Work item: Please return only the lines from the one holding "Says (leaves_in n" through the one holding "for k in n +", exactly as they appear in the records below, both ends included.

Data supplied:
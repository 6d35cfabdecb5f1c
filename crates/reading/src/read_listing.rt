// Reads a tree listing into arrays, or finds what is wrong with it first. What is done for each line is inlined (formats, scan).
ghost use Rattle.std.specs.Prelude.{Ok, Err, cond, ◌&&◌, ◌≡◌, ℕ, suc, ◌+◌, ◌*◌, ◌-◌, ◌≤◌, ◌<◌, ℤ, pos, List, map, length, get_or};
ghost use Rattle.std.specs.Int.Signed.{le_z};
ghost use Rattle.tree.specs.Limits.{sink_limit};
ghost use Rattle.formats.specs.Reading.Listings.{is_sink, due_leaf, due_node, read_stated, read_tree, read_listing};
ghost use Rattle.formats.specs.Inner.Scanning.{held, magnitude_cap};
ghost use Rattle.formats.specs.Inner.Ranging.{AllNarrow};
ghost use Rattle.formats.specs.Inner.Readers.{ahead};
ghost use Rattle.formats.specs.declared.refusal.Refusal.TheVariants.{SinkParent};
ghost use Rattle.formats.specs.Inner.ListingReader.{HasVertices, parents_from, vertices_from, leaves_in, nodes_in, listing_outcome, SinksKept};
ghost use Rattle.reading.specs.Inner.Vertices.{AtLineOf, AtVertex, Says, stated_by, after_first, leaf_told, node_told, tree_outcome};

use formats::limits::LISTING_LENGTH_LIMIT;
use formats::number::Number;
use formats::ranges::{Range, around, from_zero, in_ranges, up_to};
use formats::reader::LineReader;
use formats::refusal::{Refusal, Text};
use quantities::length::Length;
use quantities::point::Point;
use quantities::time::Time;
use tree::limits::{POSITION_LIMIT, SINK_LIMIT, SLACK_LIMIT, WIRE_LIMIT};
use tree::measures::Measures;

// The first three lines.
fn read_stated(lines: &mut LineReader, n: usize) -> Result<Measures, Refusal>
    requires { AtLineOf 1 lines.old }
    ensures { Says (read_stated n (ahead lines.old)) stated_by 4 lines.old result lines.new }
{
    let slack = lines.number(b"slack=", around(SLACK_LIMIT))?;
    let wire = lines.number(b"wire=", from_zero(WIRE_LIMIT))?;
    let count = lines.number(b"sinks=", up_to(SINK_LIMIT))?;
    if count as usize != n {
        return Err(Refusal::OtherCount);
    }
    Ok(Measures {
        slack: Time::of(slack),
        wire: Length::of(wire as u64),
    })
}

// A vertex under the root: its parent, and where it stands.
#[derive(Clone, Copy)]
struct Vertex {
    parent: usize,
    point: Point,
}

// Whether a number is k.
#[inline(always)]
fn is_exactly(number: Number, k: usize) -> bool
    requires { k < magnitude_cap }
    ensures { (z : ℤ) → number ≡ held z → result ≡ (le_z z (pos k) && le_z (pos k) z) }
{
    !number.neg && number.mag == k as u64
}

fn is_sink(n: usize, v: usize) -> bool
    ensures { result ≡ is_sink n v }
{
    1 <= v && v <= n
}

// The parent that line `line` says: no sink.
#[inline(always)]
fn no_sink(parent: usize, n: usize, line: usize) -> Result<usize, Refusal>
    ensures { result ≡ cond (is_sink n parent) (Err (SinkParent line)) (Ok parent) }
{
    if is_sink(n, parent) {
        return Err(Refusal::SinkParent { line });
    }
    Ok(parent)
}

// The numbers after the first on line `line`, each in its range. The first is k.
#[inline(always)]
fn numbers_after<const K: usize>(
    numbers: &[Number],
    ranges: [Range; K],
    k: usize,
    line: usize,
) -> Result<[i64; K], Refusal>
    requires { (length numbers.now ≡ K + 1) × AllNarrow ranges × (k < magnitude_cap) }
    ensures { (zs : List ℤ) → numbers.now ≡ map held zs → result ≡ after_first line k ranges.entry zs }
{
    let text = Text::InListing;
    if !is_exactly(numbers[0], k) {
        return Err(Refusal::NotDue { text, line });
    }
    in_ranges(&numbers[1..], ranges).ok_or(Refusal::OutOfRange { text, line })
}

// The parent of leaf k, by its line, `leaf=k,P`.
#[inline(always)]
fn leaf_at(lines: &mut LineReader, n: usize, k: usize) -> Result<usize, Refusal>
    requires { AtVertex n k lines.old }
    ensures { Says (due_leaf n k (ahead lines.old)) leaf_told (k + 4) lines.old result lines.new }
{
    let line = lines.line;
    let numbers = lines.row::<2>(b"leaf=")?;
    let ranges = [from_zero((2 * n - 1) as u64)];
    let [parent] = numbers_after(&numbers, ranges, k, line)?;
    no_sink(parent as usize, n, line)
}

// Node k, by its line, `node=k,P,X,Y`.
#[inline(always)]
fn node_at(lines: &mut LineReader, n: usize, k: usize) -> Result<Vertex, Refusal>
    requires { AtVertex n k lines.old }
    ensures { Says (due_node n k (ahead lines.old)) node_told (k + 4) lines.old result lines.new }
{
    let line = lines.line;
    let numbers = lines.row::<4>(b"node=")?;
    let ranges = [
        from_zero((2 * n - 1) as u64),
        around(POSITION_LIMIT),
        around(POSITION_LIMIT),
    ];
    let [parent, x, y] = numbers_after(&numbers, ranges, k, line)?;
    let parent = no_sink(parent as usize, n, line)?;
    Ok(Vertex {
        parent,
        point: Point { x, y },
    })
}

// The lines of the leaves, 1 to n.
fn read_leaves(lines: &mut LineReader, n: usize, parents: &mut [usize]) -> Result<(), Refusal>
    requires { AtLineOf 4 lines.old × (1 ≤ n) × (n ≤ sink_limit) × (n < length parents.old) }
    ensures { Says (leaves_in n (ahead lines.old)) (λ _. parents_from parents.new 1 n) (n + 4) lines.old result lines.new }
{
    for k in 1..n + 1 {
        parents[k] = leaf_at(lines, n, k)?;
    }
    Ok(())
}

// The lines of the nodes, n+1 to 2n-1.
fn read_nodes(
    lines: &mut LineReader,
    n: usize,
    parents: &mut [usize],
    xs: &mut [i64],
    ys: &mut [i64],
) -> Result<(), Refusal>
    requires { AtLineOf (n + 4) lines.old × (1 ≤ n) × (n ≤ sink_limit) × HasVertices n parents.old xs.old ys.old }
    ensures read { Says (nodes_in n (ahead lines.old)) (λ _. vertices_from parents.new xs.new ys.new (suc n) (n - 1)) (2 * n + 3) lines.old result lines.new }
    ensures leaves { (v : ℕ) → v ≤ n → get_or parents.new v 0 ≡ get_or parents.old v 0 }
    ensures kept { SinksKept n xs.old ys.old xs.new ys.new }
{
    for k in n + 1..2 * n {
        let vertex = node_at(lines, n, k)?;
        parents[k] = vertex.parent;
        xs[k] = vertex.point.x;
        ys[k] = vertex.point.y;
    }
    Ok(())
}

// The lines of all vertices, after which nothing stands.
fn read_tree(
    lines: &mut LineReader,
    n: usize,
    parents: &mut [usize],
    xs: &mut [i64],
    ys: &mut [i64],
) -> Result<(), Refusal>
    requires { AtLineOf 4 lines.old × (1 ≤ n) × (n ≤ sink_limit) × HasVertices n parents.old xs.old ys.old }
    ensures read { read_tree n (ahead lines.old) ≡ tree_outcome n result parents.new xs.new ys.new }
    ensures kept { SinksKept n xs.old ys.old xs.new ys.new }
{
    read_leaves(lines, n, parents)?;
    read_nodes(lines, n, parents, xs, ys)?;
    lines.end()
}

// The listing of a net with n sinks. The parents go to the places 1 to 2n-1 of `parents`, the points to the places n+1 to 2n-1 of `xs` and `ys`.
pub fn read_listing(
    text: &[u8],
    n: usize,
    parents: &mut [usize],
    xs: &mut [i64],
    ys: &mut [i64],
) -> Result<Measures, Refusal>
    requires { (1 ≤ n) × (n ≤ sink_limit) × HasVertices n parents.old xs.old ys.old }
    ensures read { read_listing n text.now ≡ listing_outcome result n parents.new xs.new ys.new }
    ensures kept { SinksKept n xs.old ys.old xs.new ys.new }
{
    if LISTING_LENGTH_LIMIT < text.len() {
        return Err(Refusal::TooLong {
            text: Text::InListing,
        });
    }
    let mut lines = LineReader::new(Text::InListing, text);
    let measures = read_stated(&mut lines, n)?;
    read_tree(&mut lines, n, parents, xs, ys)?;
    Ok(measures)
}
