// The program `mend` (document 02, §8): reads a mesh text of version 2 from standard input, and writes it to standard output with
// the faces turned round that were listed the other way, or the line of one ground.
// What is written is `mend_output` of `mend_outputs`, specs/Output.antt. No contract can say what is read and written;
// a read or a write that fails is said on standard error (`streams`).
#![tactic(auto)]

ghost use Rattle.std.specs.Prelude.{◌≤◌, length};

use mend_outputs::{MEND_BYTES, mend};
use std::io;
use streams::{read_input, write_output};

// Reads a text into the buffer, mends it there, and writes the output. It is no part of `main`: what is proved here is of a buffer of any
// length, and not of a million zeros.
fn mend_input(rt: HostRuntime, buffer: &mut [u8]) -> io::Result<()>
    requires { 31 ≤ length buffer.old }
{
    let n = read_input(rt, b"mend", buffer)?;
    let k = mend(buffer, n);
    write_output(rt, b"mend", &buffer[..k])
}

fn main(rt: HostRuntime) -> io::Result<()> {
    // One byte more than the limit. More need not be read: the output for every longer text is the same (`LongText` of `mend_outputs`).
    let mut text = [0; MEND_BYTES + 1];
    mend_input(rt, &mut text)
}
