// The parts of the program `refine` that need neither building nor the step: the lines that are written after a step, by its answer,
// and the numbered order.
// Not here: the definition of the output (`refine_outputs`), the whole output (`refine`).
// Contracts: `write_stepped`, `number_faces`. Definitions: `Output` and `FirstPoint` of `refine_outputs`. Laws: `proofs/Lines.antt`,
// `proofs/Filling.antt`.
#![tactic(auto)]

ghost use Rattle.std.specs.Prelude.{◌≡◌, ◌+◌, ◌≤◌, length};
ghost use Rattle.tables.specs.Layout.{face_ceiling};
ghost use Rattle.runs.specs.Runs.{numbered};
ghost use Rattle.mesh_answers.specs.Writing.{Written};
ghost use Rattle.refine_outputs.specs.Output.{place_line, step_lines};
ghost use Rattle.refine_outputs.specs.FirstPoint.{PointThere, PointReady};

use answer_lines::{write_at, write_refused, write_step};
use steps::StepRefusal;
use tables::Counts;

// Writes where point 0 is.
fn write_point(out: &mut [u8], at: usize, positions: &[f64]) -> usize
    requires at_in_bounds { at + 58 ≤ length out.old }
    requires point_there { PointThere positions.now }
    ensures { Written out.old at (place_line positions.now) result out.new }
{
    let x = f64::to_bits(positions[0]);
    let y = f64::to_bits(positions[1]);
    let z = f64::to_bits(positions[2]);
    write_at(out, at, x, y, z)
}

// Writes the lines after a step of a mesh with these counts, by its answer and the positions that it left.
pub fn write_stepped(
    out: &mut [u8],
    at: usize,
    counts: Counts,
    answer: Result<Counts, StepRefusal>,
    positions: &[f64],
) -> usize
    requires at_in_bounds { at + 128 ≤ length out.old }
    requires point_ready { PointReady counts answer positions.now }
    ensures { Written out.old at (step_lines counts answer positions.now) result out.new }
{
    match answer {
        Ok(c) => {
            let i = write_step(out, at, c.points as u64, c.edges as u64, c.faces as u64);
            if counts.points == 0 {
                return i;
            }
            write_point(out, i, positions)
        }
        Err(refusal) => write_refused(out, at, u64::from(refusal.number())),
    }
}

// Fills an order with 0, 1, 2, ..
pub fn number_faces(order: &mut [u32])
    requires { length order.old ≤ face_ceiling }
    ensures { order.new ≡ numbered (length order.old) }
{
    for i in 0..order.len() {
        order[i] = i as u32;
    }
}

Task solution:
    ensures { Says (leaves_in n (ahead lines.old)) (λ _. parents_from parents.new 1 n) (n + 4) lines.old result lines.new }
{
    for k in 1..n + 1 {
        parents[k] = leaf_at(lines, n, k)?;
    }
    Ok(())
}

// The lines of the nodes, n+1 to 2n-1.
fn read_nodes(
    lines: &mut LineReader,
    n: usize,
    parents: &mut [usize],
    xs: &mut [i64],
    ys: &mut [i64],
) -> Result<(), Refusal>
    requires { AtLineOf (n + 4) lines.old × (1 ≤ n) × (n ≤ sink_limit) × HasVertices n parents.old xs.old ys.old }
    ensures read { Says (nodes_in n (ahead lines.old)) (λ _. vertices_from parents.new xs.new ys.new (suc n) (n - 1)) (2 * n + 3) lines.old result lines.new }
    ensures leaves { (v : ℕ) → v ≤ n → get_or parents.new v 0 ≡ get_or parents.old v 0 }
    ensures kept { SinksKept n xs.old ys.old xs.new ys.new }
{
    for k in n + 1..2 * n {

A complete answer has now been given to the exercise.